(Records supplied begins)

// `route_learn`: ways that are asked for, told, learned and forgotten.
use route_learn::{Routes, Way};
use std::alloc::{AllocError, Global};
use xm_num::{Enclave, Neighbour};

#[derive(Drop)]
enum Step {
    // An enclave that knows nothing of ways, and whether it holds the name server.
    New(bool),
    // The calls of `Routes`, each with what it answers.
    Asked(Neighbour, bool),
    Here(Neighbour, bool),
    NextAsker(Option<Neighbour>),
    Back(Enclave, Neighbour),
    WayBack(Enclave, Option<Neighbour>),
    Learn(Enclave, Option<Neighbour>),
    Forget(Enclave),
    Server(Way),
    Way(Enclave, Way),
    NextRoute(u16, Option<(Enclave, Neighbour)>),
}

fn answers(alloc: Global, routes: &mut Routes, step: &Step) -> bool {
    match step {
        Step::New(holder) => renewed(alloc, routes, *holder).is_ok(),
        Step::Asked(by, want) => routes.asked(*by) == Ok(*want),
        Step::Here(from, want) => routes.here(*from) == *want,
        Step::NextAsker(want) => routes.next_asker() == *want,
        Step::Back(of, over) => routes.back(*of, *over).is_ok(),
        Step::WayBack(of, want) => routes.way_back(*of) == *want,
        Step::Learn(of, want) => routes.learn(*of) == Ok(*want),
        Step::Forget(of) => {
            routes.forget(*of);
            true
        }
        Step::Server(want) => routes.server() == *want,
        Step::Way(dest, want) => routes.way(*dest) == *want,
        Step::NextRoute(from, want) => routes.next_route(*from) == *want,
    }
}

fn renewed(alloc: Global, routes: &mut Routes, holder: bool) -> Result<(), AllocError> {
    *routes = Routes::new(alloc, holder)?;
    Ok(())
}

fn down(child: u16) -> Neighbour {
    Neighbour::Down(Enclave(child))
}

const UP: Neighbour = Neighbour::Up;

// Askers are taken Up first, and then ascending.
fn askers() -> [Step; 16] {
    [
        Step::New(false),
        Step::NextAsker(None),
        Step::Asked(down(3), false),
        Step::Asked(UP, false),
        Step::Asked(down(1), false),
        Step::Asked(down(3), false),
        Step::Asked(down(65535), false),
        Step::NextAsker(Some(UP)),
        Step::NextAsker(Some(down(1))),
        Step::NextAsker(Some(down(3))),
        Step::NextAsker(Some(down(65535))),
        Step::NextAsker(None),
        Step::NextAsker(None),
        Step::Asked(down(1), false),
        Step::NextAsker(Some(down(1))),
        Step::NextAsker(None),
    ]
}

// The first word of the way stays, and who tells it needs not be told.
fn words_of_the_way() -> [Step; 17] {
    [
        Step::New(false),
        Step::Server(Way::Unknown),
        Step::Here(down(2), true),
        Step::Server(Way::Over(down(2))),
        Step::Here(UP, false),
        Step::Server(Way::Over(down(2))),
        Step::Here(down(2), false),
        Step::Server(Way::Over(down(2))),
        Step::Asked(down(4), true),
        Step::NextAsker(None),
        Step::New(false),
        Step::Asked(down(2), false),
        Step::Asked(down(1), false),
        Step::Here(down(1), true),
        Step::Here(down(2), false),
        Step::NextAsker(Some(down(2))),
        Step::NextAsker(None),
    ]
}

// The holder of the name server is the end of the way.
fn holder() -> [Step; 11] {
    [
        Step::New(true),
        Step::Asked(down(1), true),
        Step::NextAsker(None),
        Step::Here(UP, false),
        Step::Server(Way::Own),
        Step::Way(Enclave(5), Way::Unknown),
        Step::Back(Enclave(5), down(4)),
        Step::Way(Enclave(5), Way::Unknown),
        Step::Learn(Enclave(5), Some(down(4))),
        Step::Way(Enclave(5), Way::Over(down(4))),
        Step::Server(Way::Own),
    ]
}

// Routes are learned from ways back.
fn learned() -> [Step; 24] {
    let seven = Enclave(7);
    [
        Step::New(false),
        Step::Learn(seven, None),
        Step::Way(seven, Way::Unknown),
        Step::Here(UP, true),
        Step::Way(seven, Way::Over(UP)),
        Step::Back(seven, down(3)),
        Step::WayBack(seven, Some(down(3))),
        Step::Way(seven, Way::Over(UP)),
        Step::Learn(seven, Some(down(3))),
        Step::WayBack(seven, Some(down(3))),
        Step::Way(seven, Way::Over(down(3))),
        Step::Back(seven, UP),
        Step::WayBack(seven, Some(UP)),
        Step::Way(seven, Way::Over(down(3))),
        Step::Learn(seven, Some(UP)),
        Step::WayBack(seven, Some(UP)),
        Step::Way(seven, Way::Over(UP)),
        Step::Back(seven, down(6)),
        Step::WayBack(seven, Some(down(6))),
        Step::Way(seven, Way::Over(UP)),
        Step::Learn(seven, Some(down(6))),
        Step::WayBack(seven, Some(down(6))),
        Step::Way(seven, Way::Over(down(6))),
        Step::WayBack(Enclave(8), None),
    ]
}

// Forgotten enclaves have no ways.
fn forgotten() -> [Step; 12] {
    [
        Step::New(false),
        Step::Back(Enclave(4), down(3)),
        Step::Learn(Enclave(4), Some(down(3))),
        Step::Back(Enclave(5), down(3)),
        Step::Learn(Enclave(5), Some(down(3))),
        Step::Forget(Enclave(4)),
        Step::Forget(Enclave(6)),
        Step::WayBack(Enclave(4), None),
        Step::Way(Enclave(4), Way::Unknown),
        Step::Learn(Enclave(4), None),
        Step::NextRoute(0, Some((Enclave(5), down(3)))),
        Step::WayBack(Enclave(5), Some(down(3))),
    ]
}

// Routes are given ascending, also where the numbers lie far apart.
fn given() -> [Step; 28] {
    [
        Step::New(false),
        Step::NextRoute(0, None),
        Step::Back(Enclave(9), down(1)),
        Step::Learn(Enclave(9), Some(down(1))),
        Step::Back(Enclave(2), UP),
        Step::Learn(Enclave(2), Some(UP)),
        Step::Back(Enclave(300), down(3)),
        Step::Learn(Enclave(300), Some(down(3))),
        Step::Back(Enclave(4), down(4)),
        Step::NextRoute(0, Some((Enclave(2), UP))),
        Step::NextRoute(2, Some((Enclave(2), UP))),
        Step::NextRoute(3, Some((Enclave(9), down(1)))),
        Step::NextRoute(9, Some((Enclave(9), down(1)))),
        Step::NextRoute(10, Some((Enclave(300), down(3)))),
        Step::NextRoute(301, None),
        Step::NextRoute(65535, None),
        Step::New(false),
        Step::Back(Enclave(300), down(3)),
        Step::Learn(Enclave(300), Some(down(3))),
        Step::Back(Enclave(65535), UP),
        Step::Learn(Enclave(65535), Some(UP)),
        Step::Back(Enclave(0), down(65535)),
        Step::Learn(Enclave(0), Some(down(65535))),
        Step::Way(Enclave(300), Way::Over(down(3))),
        Step::Forget(Enclave(300)),
        Step::NextRoute(0, Some((Enclave(0), down(65535)))),
        Step::NextRoute(1, Some((Enclave(65535), UP))),
        Step::NextRoute(65535, Some((Enclave(65535), UP))),
    ]
}

#[test]
fn ways_of_an_enclave(rt: HostRuntime) -> Result<(), AllocError> {
    let mut routes = Routes::new(rt.alloc(), false)?;
    let (askers, words, holder) = (askers(), words_of_the_way(), holder());
    let (learned, forgotten, given) = (learned(), forgotten(), given());
    let tables: [(&str, &[Step]); 6] = [
        ("askers", &askers),
        ("words", &words),
        ("holder", &holder),
        ("learned", &learned),
        ("forgotten", &forgotten),
        ("given", &given),
    ];
    for (name, steps) in tables {
        for (row, step) in steps.iter().enumerate() {
            assert!(rt; answers(rt.alloc(), &mut routes, step), "{name}, row {row}");
        }
    }
    Ok(())
}
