// `xm_num`: lists, sizes and addresses, and the numbers of causes.
use xm_num::{Cause, Frame, FrameList, Vpn, pages, region};

#[derive(Drop)]
enum Step {
    // Adds a frame to the list.
    Push(Frame),
    // How many frames the list has, the one at a place, and all of them.
    Len(usize),
    Get(usize, Option<Frame>),
    All(&'static [Frame]),
    // The pages of so many bytes, and of so many from an address on.
    Pages(u64, Result<u32, Cause>),
    Region(u64, u32, Result<Vpn, Cause>),
    // The number of a cause, and the cause of a number.
    Number(Cause, u32),
    Named(u32, Option<Cause>),
}

fn answers(frames: &mut FrameList, step: &Step) -> bool {
    match step {
        Step::Push(frame) => frames.push(*frame).is_ok(),
        Step::Len(want) => frames.len() == *want,
        Step::Get(place, want) => frames.get(*place) == *want,
        Step::All(want) => are(frames.as_slice(), want),
        Step::Pages(bytes, want) => pages(*bytes) == *want,
        Step::Region(address, count, want) => *count >= 1 && region(*address, *count) == *want,
        Step::Number(cause, want) => cause.number() == *want,
        Step::Named(number, want) => Cause::from_number(*number) == *want,
    }
}

fn are(frames: &[Frame], want: &[Frame]) -> bool {
    frames == want
}

#[test]
fn numbers_and_lists_of_them(rt: HostRuntime) {
    let mut frames = FrameList::new(rt.alloc());
    let steps = [
        Step::Len(0),
        Step::Get(0, None),
        Step::Push(Frame(7)),
        Step::Push(Frame(3)),
        Step::Push(Frame(7)),
        Step::Len(3),
        Step::Get(1, Some(Frame(3))),
        Step::All(&[Frame(7), Frame(3), Frame(7)]),
        Step::Pages(0, Err(Cause::BadRange)),
        Step::Pages(1, Err(Cause::BadAlign)),
        Step::Pages(4095, Err(Cause::BadAlign)),
        Step::Pages(4096, Ok(1)),
        Step::Pages(12288, Ok(3)),
        Step::Pages(16777216, Ok(4096)),
        Step::Pages(16781312, Err(Cause::TooLarge)),
        Step::Pages(18446744073709551615, Err(Cause::BadAlign)),
        Step::Pages(18446744073709547520, Err(Cause::TooLarge)),
        Step::Region(65537, 1, Err(Cause::BadAlign)),
        Step::Region(0, 1, Err(Cause::BadRange)),
        Step::Region(65536, 3, Ok(Vpn(16))),
        Step::Region(68719472640, 1, Ok(Vpn(16777215))),
        Step::Region(68719472640, 2, Err(Cause::BadRange)),
        Step::Region(4096, 16777215, Ok(Vpn(1))),
        Step::Region(4096, 16777216, Err(Cause::BadRange)),
        Step::Region(18446744073709547520, 4294967295, Err(Cause::BadRange)),
        Step::Number(Cause::NotReady, 1),
        Step::Named(1, Some(Cause::NotReady)),
        Step::Number(Cause::BadRange, 5),
        Step::Named(5, Some(Cause::BadRange)),
        Step::Number(Cause::NoSegment, 6),
        Step::Named(6, Some(Cause::NoSegment)),
        Step::Number(Cause::Denied, 7),
        Step::Named(7, Some(Cause::Denied)),
        Step::Number(Cause::NoPermit, 8),
        Step::Named(8, Some(Cause::NoPermit)),
        Step::Number(Cause::NoLink, 21),
        Step::Named(21, Some(Cause::NoLink)),
        Step::Named(0, None),
        Step::Named(22, None),
    ];
    for (row, step) in steps.iter().enumerate() {
        assert!(rt; answers(&mut frames, step), "row {row}");
    }
}
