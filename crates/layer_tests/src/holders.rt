// `holder_table`: rows of who holds something, found by their names and by their segids.
use holder_table::{Held, Holders};
use std::alloc::AllocError;
use xm_num::{CallNo, Enclave, Segid};

// The calls of `Holders`, each with what it answers. Numbers stand for enclaves, calls and segids, and one more for what
// else is kept.
#[derive(Drop)]
enum Step {
    Insert(u16, u32, i64, u8),
    Get(u16, u32, Option<(i64, u8)>),
    Has(u16, u32, bool),
    Remove(u16, u32, bool),
    NextHolder(i64, u16, Option<u16>),
    Named(i64, bool),
    Lowest(u16, Option<u32>),
    Next(u16, u32, Option<(u16, u32, i64, u8)>),
    Forget(u16),
}

fn held(segid: i64, value: u8) -> Held<u8> {
    Held {
        segid: Segid(segid),
        value,
    }
}

fn answers(holders: &mut Holders<u8>, step: &Step) -> bool {
    match step {
        Step::Insert(to, call, segid, value) => inserted(holders, *to, *call, *segid, *value),
        Step::Get(to, call, want) => {
            holders.get(Enclave(*to), CallNo(*call))
                == want.map(|(segid, value)| held(segid, value))
        }
        Step::Has(to, call, want) => holders.has(Enclave(*to), CallNo(*call)) == *want,
        Step::Remove(to, call, want) => holders.remove(Enclave(*to), CallNo(*call)) == *want,
        Step::NextHolder(segid, from, want) => {
            holders.next_holder(Segid(*segid), Enclave(*from)) == want.map(Enclave)
        }
        Step::Named(segid, want) => holders.is_named(Segid(*segid)) == *want,
        Step::Lowest(to, want) => holders.lowest(Enclave(*to)) == want.map(CallNo),
        Step::Next(to, from, want) => {
            holders.next(Enclave(*to), CallNo(*from))
                == want.map(|(to, call, segid, value)| (
                    Enclave(to),
                    CallNo(call),
                    held(segid, value),
                ))
        }
        Step::Forget(gone) => {
            holders.forget_enclave(Enclave(*gone));
            true
        }
    }
}

// Adds a row, where its name is new.
fn inserted(holders: &mut Holders<u8>, to: u16, call: u32, segid: i64, value: u8) -> bool {
    let (to, call) = (Enclave(to), CallNo(call));
    !holders.has(to, call) && holders.insert(to, call, Segid(segid), value) == Ok(())
}

// The row that answers something else than wanted, where there is one.
fn first_wrong(holders: &mut Holders<u8>, steps: &[Step]) -> Option<usize> {
    for (row, step) in steps.iter().enumerate() {
        if !answers(holders, step) {
            return Some(row);
        }
    }
    None
}

// Rows come by enclaves and then by calls, and those of a segid by its holders.
const STEPS: &[Step] = &[
    Step::Next(0, 0, None),
    Step::Lowest(0, None),
    Step::NextHolder(5, 0, None),
    Step::Remove(4, 1, false),
    Step::Forget(4),
    Step::Insert(4, 9, 5, 1),
    Step::Insert(4, 2, 6, 2),
    Step::Insert(2, 7, 6, 3),
    Step::Insert(65535, 4_294_967_295, 5, 4),
    Step::Insert(2, 8, 6, 5),
    Step::Insert(0, 0, i64::MIN, 6),
    Step::Insert(3, 1, i64::MAX, 7),
    Step::Get(4, 9, Some((5, 1))),
    Step::Get(9, 4, None),
    Step::Has(2, 8, true),
    Step::Has(2, 9, false),
    Step::Lowest(4, Some(2)),
    Step::Lowest(2, Some(7)),
    Step::Lowest(0, Some(0)),
    Step::Lowest(1, None),
    Step::Lowest(65535, Some(4_294_967_295)),
    Step::Next(0, 0, Some((0, 0, i64::MIN, 6))),
    Step::Next(0, 1, Some((2, 7, 6, 3))),
    Step::Next(2, 8, Some((2, 8, 6, 5))),
    Step::Next(2, 9, Some((3, 1, i64::MAX, 7))),
    Step::Next(4, 10, Some((65535, 4_294_967_295, 5, 4))),
    Step::NextHolder(6, 0, Some(2)),
    Step::NextHolder(6, 2, Some(2)),
    Step::NextHolder(6, 3, Some(4)),
    Step::NextHolder(6, 5, None),
    Step::NextHolder(5, 5, Some(65535)),
    Step::NextHolder(4, 0, None),
    Step::NextHolder(i64::MIN, 0, Some(0)),
    Step::NextHolder(i64::MAX, 0, Some(3)),
    Step::NextHolder(i64::MAX, 4, None),
    Step::Named(6, true),
    Step::Named(7, false),
    Step::Remove(2, 7, true),
    Step::Remove(2, 7, false),
    Step::Get(2, 7, None),
    Step::NextHolder(6, 0, Some(2)),
    Step::Forget(2),
    Step::Lowest(2, None),
    Step::NextHolder(6, 0, Some(4)),
    Step::Next(1, 0, Some((3, 1, i64::MAX, 7))),
    Step::Insert(4, 1, 6, 8),
    Step::Forget(4),
    Step::Named(6, false),
    Step::Named(5, true),
    Step::Next(4, 0, Some((65535, 4_294_967_295, 5, 4))),
    Step::Insert(4, 9, 6, 9),
    Step::Get(4, 9, Some((6, 9))),
    Step::NextHolder(5, 0, Some(65535)),
    Step::NextHolder(6, 0, Some(4)),
];

#[test]
fn holders_of_segments(rt: HostRuntime) -> Result<(), AllocError> {
    let mut holders = Holders::new(rt.alloc());
    let row = first_wrong(&mut holders, STEPS);
    assert_eq!(rt; row, None);
    Ok(())
}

(Records supplied ends)

◆ **Directions for this task**: The word "bytes" appears in some of the lines above. Copy those lines.

◆ **Exercise answer**:
    // The pages of so many bytes, and of so many from an address on.
        Step::Pages(bytes, want) => pages(*bytes) == *want,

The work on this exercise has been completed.